Menlo Electric is the fastest-growing PV distributor in EMEA (Europe, Middle East, Africa) with a mission to support energy transition in this region. The company operates in more than 25 markets selling modules, inverters and batteries from the leading brands in the renewable energy industry.
Established in 2020, Menlo crossed EUR 50M in revenue in 2021 and EUR 150M in 2022. They fulfill over 1,000 orders serving 300+ clients monthly and the seven logistics centers located in strategic hubs enable quick delivery for our clients across the EMEA region. The international team of experts consists of employees from 20 countries speaking 15+ languages.
But Menlo is not only about business. In 2022, they launched a charity project – “Energy to power your future”, in which they install photovoltaic installations for free at institutions that take care of children. The first charity installation was made in Poland, now Menlo is focusing on the international development of this project.
Interview with Bartosz Majewski, CEO of Menlo Electric.
Easy Engineering: What are the ranges of products?
Bartosz Majewski: We offer PV modules, inverters and batteries. Menlo is already a top 3 EU distributor of global module manufacturing leaders, Jinko Solar and Risen Energy. We are also a leading European distributor of JA Solar modules and inverters from Sungrow, SolarEdge and FoxESS. At the beginning of 2023, we are expanding our product portfolio even more.
E.E: Who is your offer addressed to?
B.M: Our clients represent all market segments: from residential and C&I (commercial and industrial) installers to utility scale developers and EPCs. We serve clients of all sizes, including market leaders. For example, we have supplied 4 of the top 5 biggest residential installers in the EMEA region with Risen full black modules this year. We also established cooperation with Ignitis, Lithuania’s biggest utility and developer which we supplied with Jinko Solar bifacial modules.
E.E: At what stage is the PV market now?
B.M: Last year European Union added 26 GW of solar power and expects to add more than 50 GW each year until 2030. The growth can be seen across all segments – residential, business and utility as well. However, there are some challenges along the way – last year it was delays in module shipments, this year we have faced shortages of inverters and batteries. The lack of inverters in the global PV market caused limitations in large industrial and farm installations (50 kW+). The situation with inverters in the 10-50 kW segment, for small and medium-sized enterprises, is better, though still not quite satisfactory.
In 2022 module prices continued to increase, peaking around September and October. However, it seems that the price increases are now behind us. Although module production costs remain high, the drop in freight prices gives us a reason to expect module price reductions in the first quarter of next year.
At Menlo, our mission is to provide our clients with uninterrupted supplies of top-quality equipment at attractive prices despite those challenges.
E.E: What can you tell us about market trends?

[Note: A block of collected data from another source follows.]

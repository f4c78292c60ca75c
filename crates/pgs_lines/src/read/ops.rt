ghost use Rattle.std.specs.Prelude.{◌≡◌};
ghost use Rattle.std.specs.Option.{option_copied};
ghost use Rattle.pgs_words.specs.Forms.{Gives, left, taken};
ghost use Rattle.pgs_lines.specs.Objects as objects;

use super::payloads::last_payload;
use pgs_bytes::Bytes;
use pgs_request::Op;
use pgs_words::{ReadError, ended, is_word, name, next, number};
use std::alloc::Global;

fn is_user(name: &[u8]) -> bool
    ensures { result ≡ objects.is_user name.now }
{
    match name.split_first() {
        Some((first, more)) => *first == b'_' && !more.is_empty(),
        None => false,
    }
}

// The name of a user attribute.
fn attr_name(alloc: Global, words: Option<&[u8]>) -> Result<(Bytes, Option<&[u8]>), ReadError>
    ensures { Gives (λ x. (x.0, left 32 (option_copied x.1))) result (taken (objects.attr_name).read (left 32 (option_copied words.entry))) }
{
    let (name, words) = name(alloc, words, 64)?;
    if is_user(name.as_slice()) {
        return Ok((name, words));
    }
    Err(ReadError::Outside)
}

fn write(alloc: Global, words: Option<&[u8]>) -> Result<Op, ReadError>
    ensures { Gives (λ x. x) result (objects.put_read (left 32 (option_copied words.entry))) }
{
    let (at, words) = number(words)?;
    let payload = last_payload(alloc, words)?;
    Ok(Op::Write { at, payload })
}

fn truncate(words: Option<&[u8]>) -> Result<Op, ReadError>
    ensures { Gives (λ x. x) result (objects.trunc_read (left 32 (option_copied words.entry))) }
{
    let (size, words) = number(words)?;
    ended(words)?;
    Ok(Op::Truncate { size })
}

fn set_attr(alloc: Global, words: Option<&[u8]>) -> Result<Op, ReadError>
    ensures { Gives (λ x. x) result (objects.attr_read (left 32 (option_copied words.entry))) }
{
    let (name, words) = attr_name(alloc, words)?;
    let payload = last_payload(alloc, words)?;
    Ok(Op::SetAttr { name, payload })
}

fn remove_attr(alloc: Global, words: Option<&[u8]>) -> Result<Op, ReadError>
    ensures { Gives (λ x. x) result (objects.rmattr_read (left 32 (option_copied words.entry))) }
{
    let (name, words) = attr_name(alloc, words)?;
    ended(words)?;
    Ok(Op::RmAttr { name })
}

fn set_omap(alloc: Global, words: Option<&[u8]>) -> Result<Op, ReadError>
    ensures { Gives (λ x. x) result (objects.omap_read (left 32 (option_copied words.entry))) }
{
    let (key, words) = name(alloc, words, 255)?;
    let payload = last_payload(alloc, words)?;
    Ok(Op::SetOmap { key, payload })
}

fn remove_omap(alloc: Global, words: Option<&[u8]>) -> Result<Op, ReadError>
    ensures { Gives (λ x. x) result (objects.rmomap_read (left 32 (option_copied words.entry))) }
{
    let (key, words) = name(alloc, words, 255)?;
    ended(words)?;
    Ok(Op::RmOmap { key })
}

fn remove(words: Option<&[u8]>) -> Result<Op, ReadError>
    ensures { Gives (λ x. x) result (objects.remove_read (left 32 (option_copied words.entry))) }
{
    ended(words)?;
    Ok(Op::Remove)
}

/// OP: the last words of a write.
#[tactic(auto, unfolding(crate::specs::Objects::op_rows, crate::specs::Objects::op_read))]
pub fn op(alloc: Global, words: Option<&[u8]>) -> Result<Op, ReadError>
    ensures { Gives (λ x. x) result ((objects.op).read (left 32 (option_copied words.entry))) }
{
    let (word, words) = next(words, b' ')?;
    if is_word(word, b"full") {
        let payload = last_payload(alloc, words)?;
        return Ok(Op::Full { payload });
    }
    if is_word(word, b"write") {
        return write(alloc, words);
    }
    if is_word(word, b"trunc") {
        return truncate(words);
    }
    if is_word(word, b"attr") {
        return set_attr(alloc, words);
    }
    if is_word(word, b"rmattr") {
        return remove_attr(alloc, words);
    }
    if is_word(word, b"omap") {
        return set_omap(alloc, words);
    }
    if is_word(word, b"rmomap") {
        return remove_omap(alloc, words);
    }
    if is_word(word, b"header") {
        let payload = last_payload(alloc, words)?;
        return Ok(Op::SetHeader { payload });
    }
    if is_word(word, b"remove") {
        return remove(words);
    }
    Err(ReadError::Outside)
}
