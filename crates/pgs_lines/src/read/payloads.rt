ghost use Rattle.std.specs.Prelude.{◌≡◌};
ghost use Rattle.std.specs.Option.{option_copied};
ghost use Rattle.pgs_words.specs.Forms.{Gives, left};
ghost use Rattle.pgs_lines.specs.Payload as payloads;
ghost use Rattle.pgs_lines.specs.Objects as objects;

use pgs_bytes::{Bytes, is_plain};
use pgs_request::Payload;
use pgs_words::{ReadError, after, ended, hex_byte_in, hex_in, next, number_in, part, parts_ended};
use std::alloc::Global;

fn text(alloc: Global, text: &[u8]) -> Result<Payload, ReadError>
    ensures { Gives (λ x. x) result (payloads.text_read text.now) }
{
    if is_plain(text) {
        let bytes = Bytes::from_slice(alloc, text)?;
        return Ok(Payload::Text { bytes });
    }
    Err(ReadError::Outside)
}

fn hex(alloc: Global, text: &[u8]) -> Result<Payload, ReadError>
    ensures { Gives (λ x. x) result (payloads.hex_payload_read text.now) }
{
    let bytes = hex_in(alloc, text)?;
    Ok(Payload::Hex { bytes })
}

fn fill(text: &[u8]) -> Result<Payload, ReadError>
    ensures { Gives (λ x. x) result (payloads.fill_read text.now) }
{
    let (count, rest) = part(text, b':');
    let count = number_in(count)?;
    let (byte, rest) = next(rest, b':')?;
    let byte = hex_byte_in(byte)?;
    parts_ended(rest, b':')?;
    Ok(Payload::Fill { count, byte })
}

/// The payload that a word spells.
#[tactic(auto, unfolding(crate::specs::Payload::payload_fronts, crate::specs::Payload::payload_read))]
fn payload_in(alloc: Global, word: &[u8]) -> Result<Payload, ReadError>
    ensures { Gives (λ x. x) result ((payloads.payload).read word.now) }
{
    if let Some(bytes) = after(word, b"text:") {
        return text(alloc, bytes);
    }
    if let Some(digits) = after(word, b"hex:") {
        return hex(alloc, digits);
    }
    if let Some(rest) = after(word, b"fill:") {
        return fill(rest);
    }
    Err(ReadError::Outside)
}

/// The last word, as a payload.
pub fn last_payload(alloc: Global, words: Option<&[u8]>) -> Result<Payload, ReadError>
    ensures { Gives (λ x. x) result ((objects.last_payload).read (left 32 (option_copied words.entry))) }
{
    let (word, words) = next(words, b' ')?;
    let payload = payload_in(alloc, word)?;
    ended(words)?;
    Ok(payload)
}
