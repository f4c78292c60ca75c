ghost use Rattle.std.specs.Prelude.{◌≡◌};
ghost use Rattle.std.specs.Option.{option_copied};
ghost use Rattle.pgs_words.specs.Forms.{Gives, left};
ghost use Rattle.pgs_lines.specs.Steps as steps;

use super::basics::basic_in;
use super::objects::kind;
use crate::step::Step;
use pgs_words::{ReadError, ended, is_word, number};
use std::alloc::Global;

fn settle(words: Option<&[u8]>) -> Result<Step, ReadError>
    ensures { Gives (λ x. x) result (steps.settle_read (left 32 (option_copied words.entry))) }
{
    let (group, words) = number(words)?;
    ended(words)?;
    Ok(Step::Settle { group })
}

fn sweep(words: Option<&[u8]>) -> Result<Step, ReadError>
    ensures { Gives (λ x. x) result (steps.sweep_read (left 32 (option_copied words.entry))) }
{
    let (group, words) = number(words)?;
    let (kind, words) = kind(words)?;
    ended(words)?;
    Ok(Step::Sweep { group, kind })
}

fn list_obj(words: Option<&[u8]>) -> Result<Step, ReadError>
    ensures { Gives (λ x. x) result (steps.list_obj_read (left 32 (option_copied words.entry))) }
{
    let (group, words) = number(words)?;
    ended(words)?;
    Ok(Step::ListObj { group })
}

fn list_snap(words: Option<&[u8]>) -> Result<Step, ReadError>
    ensures { Gives (λ x. x) result (steps.list_snap_read (left 32 (option_copied words.entry))) }
{
    let (group, words) = number(words)?;
    ended(words)?;
    Ok(Step::ListSnap { group })
}

/// The step that a first word and the words behind it spell.
#[tactic(auto, unfolding(crate::specs::Steps::step_rows, crate::specs::Steps::step_read))]
pub fn step_in(alloc: Global, word: &[u8], words: Option<&[u8]>) -> Result<Step, ReadError>
    ensures { Gives (λ x. x) result (steps.step_read word.now (left 32 (option_copied words.entry))) }
{
    if is_word(word, b"settle") {
        return settle(words);
    }
    if is_word(word, b"sweep") {
        return sweep(words);
    }
    if is_word(word, b"list-obj") {
        return list_obj(words);
    }
    if is_word(word, b"list-snap") {
        return list_snap(words);
    }
    let basic = basic_in(alloc, word, words)?;
    Ok(Step::Basic { basic })
}
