//! A keeper over a connection.

ghost use Rattle.std.specs.Prelude.{◌≡◌, ℕ, slice_index};
ghost use Rattle.store_sqlite.specs.Kept.{keeper_state};

use crate::fault::{DatabaseFault, Refusals};
use crate::refusing::refuse_call;
use crate::statements::{apply_all, kept_rows, open_table, rows_at, rows_in};
use base_value::Bytes;
use sqlite::{Alter, Connection};
use std::alloc::Global;
use store_kv::{Batch, KeepFail, Keeper, KeptRow};

/// A connection, and what the keeper counts. The tables are the rows of the table `kept` of the connection's database.
#[derive(Drop)]
pub struct Connected<S: Alter> {
    conn: Connection<S>,
    refusals: Refusals,
    shown: [u64; 256],
    written: u64,
}

impl<S: Alter> Connected<S> {
    /// A keeper over the connection, with the refusals that were counted before. It has shown and written no row.
    pub(crate) fn resume(conn: Connection<S>, refusals: Refusals) -> Connected<S>
        ensures conn { result.conn ≡ conn }
        ensures refusals { result.refusals ≡ refusals }
        ensures shown { (table : ℕ) → slice_index result.shown table ≡ 0 }
        ensures written { result.written ≡ 0 }
    {
        Connected {
            conn,
            refusals,
            shown: [0; 256],
            written: 0,
        }
    }

    /// Hands the connection back.
    pub(crate) fn release(self) -> Connection<S>
        ensures { result ≡ self.conn }
    {
        let Connected {
            conn,
            refusals: _,
            shown: _,
            written: _,
        } = self;
        conn
    }

    /// Why the last call that was counted failed.
    pub(crate) fn last_fault(&self) -> Option<DatabaseFault>
        ensures { result ≡ self.now.refusals.last }
    {
        self.refusals.last()
    }
}

impl<S: Alter> Keeper for Connected<S> {
    ghost use Rattle.store_sqlite.specs.Laws.{settled_by};

    ghost state = { λ k. keeper_state S.Store k.conn k.refusals.count k.shown k.written };

    fn open(&mut self, _alloc: Global) -> Result<(), KeepFail> {
        match open_table(&mut self.conn) {
            Ok(()) => Ok(()),
            Err(error) => Err(refuse_call(&mut self.conn, &mut self.refusals, error)),
        }
    }

    fn get(&mut self, _alloc: Global, table: u8, key: &[u8]) -> Result<Option<Bytes>, KeepFail> {
        let rows = match rows_at(&mut self.conn, table, key) {
            Ok(rows) => rows,
            Err(error) => return Err(refuse_call(&mut self.conn, &mut self.refusals, error)),
        };
        let Some(row) = rows.first() else {
            return Ok(None);
        };
        match row.get(0) {
            Ok(bytes) => {
                let at = table as usize;
                self.shown[at] = self.shown[at].saturating_add(1);
                Ok(Some(Bytes::from_vec(bytes)))
            }
            Err(error) => Err(self.refusals.refuse(error)),
        }
    }

    fn scan(
        &mut self,
        alloc: Global,
        table: u8,
        from: &[u8],
        below: &[u8],
        limit: usize,
    ) -> Result<Vec<KeptRow>, KeepFail> {
        let mut rows = match rows_in(&mut self.conn, table, from, below, limit) {
            Ok(rows) => rows,
            Err(error) => return Err(refuse_call(&mut self.conn, &mut self.refusals, error)),
        };
        // There may be more if the limit is no number of SQL, or the connection doesn't tell its rows.
        rows.truncate(limit);
        match kept_rows(alloc, rows.as_slice()) {
            Ok(all) => {
                let at = table as usize;
                self.shown[at] = self.shown[at].saturating_add(all.len() as u64);
                Ok(all)
            }
            Err(error) => Err(self.refusals.refuse(error)),
        }
    }

    fn apply(&mut self, _alloc: Global, batch: &Batch) -> Result<(), KeepFail> {
        match apply_all(&mut self.conn, batch.changes.as_slice()) {
            Ok(true) => {
                self.written = self.written.saturating_add(batch.changes.len() as u64);
                Ok(())
            }
            Ok(false) => {
                // The connection was handed in inside a transaction.
                self.refusals.add(DatabaseFault::Other);
                Err(KeepFail::Failed)
            }
            Err(error) => Err(refuse_call(&mut self.conn, &mut self.refusals, error)),
        }
    }

    ghost settled = { λ k. settled_by (record {
      view = S.Store.view;
      faults = S.Store.faults;
      recovers = S.Store.recovers;
      is_shielded = S.Store.is_shielded;
      is_step = S.Store.is_step;
      blamed = S.Store.blamed;
      names = S.Store.names;
    }) k.conn S.Store.settled S.Store.stays k.refusals.count k.shown k.written };
}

B.M: In module manufacturing, we are undergoing a switch for more efficient and higher power panels, from the so-called P-types to N-types. This will be a major technological shift, as was the change from polycrystalline to monocrystalline modules as few years ago. The demand for N-type modules is outpacing the supply, meaning that there will not be enough N-type modules next year.
Regarding inverters, string inverters will be gradually replaced by hybrid inverters with battery sets. Right now, in Germany and Italy, over 90% of new installations have batteries attached. In Central Europe, e.g. Poland and Romania, the attachment rate is less than 5%.
E.E: What are the most innovative products marketed?
B.M: We see an increasing popularity of N-type modules in almost all markets we operate in. They have a higher bifacial factor which brings higher energy generation compared with P-type module. After 30 years, N-type has a guaranteed efficiency of 87,4 %, 2.6 percentage points more than P-type. N-type delivers a higher power on a sunny day under the same external environment and the heat loss is greatly reduced as well.
E.E: What piece of advice would you give businesses and installers?
B.M: Briefly speaking – stock up in advance.
Considering the current and projected prices of electricity, the cost of a possible delay in completing a photovoltaic installation is very high. This mainly results from a loss of revenue or savings caused by deferring the start of production.
According to Rystad Energy simulations, with the current electricity prices in countries such as Germany, the UK, France, and Italy, the payback period for a PV installation can be less than a year. That means that a delay in its construction by two months translates to a real loss of revenue of about 15-20% of the value of the investment. Postponing purchases in hopes of potential savings of, say, 3% on component costs makes for a poor deal in comparison.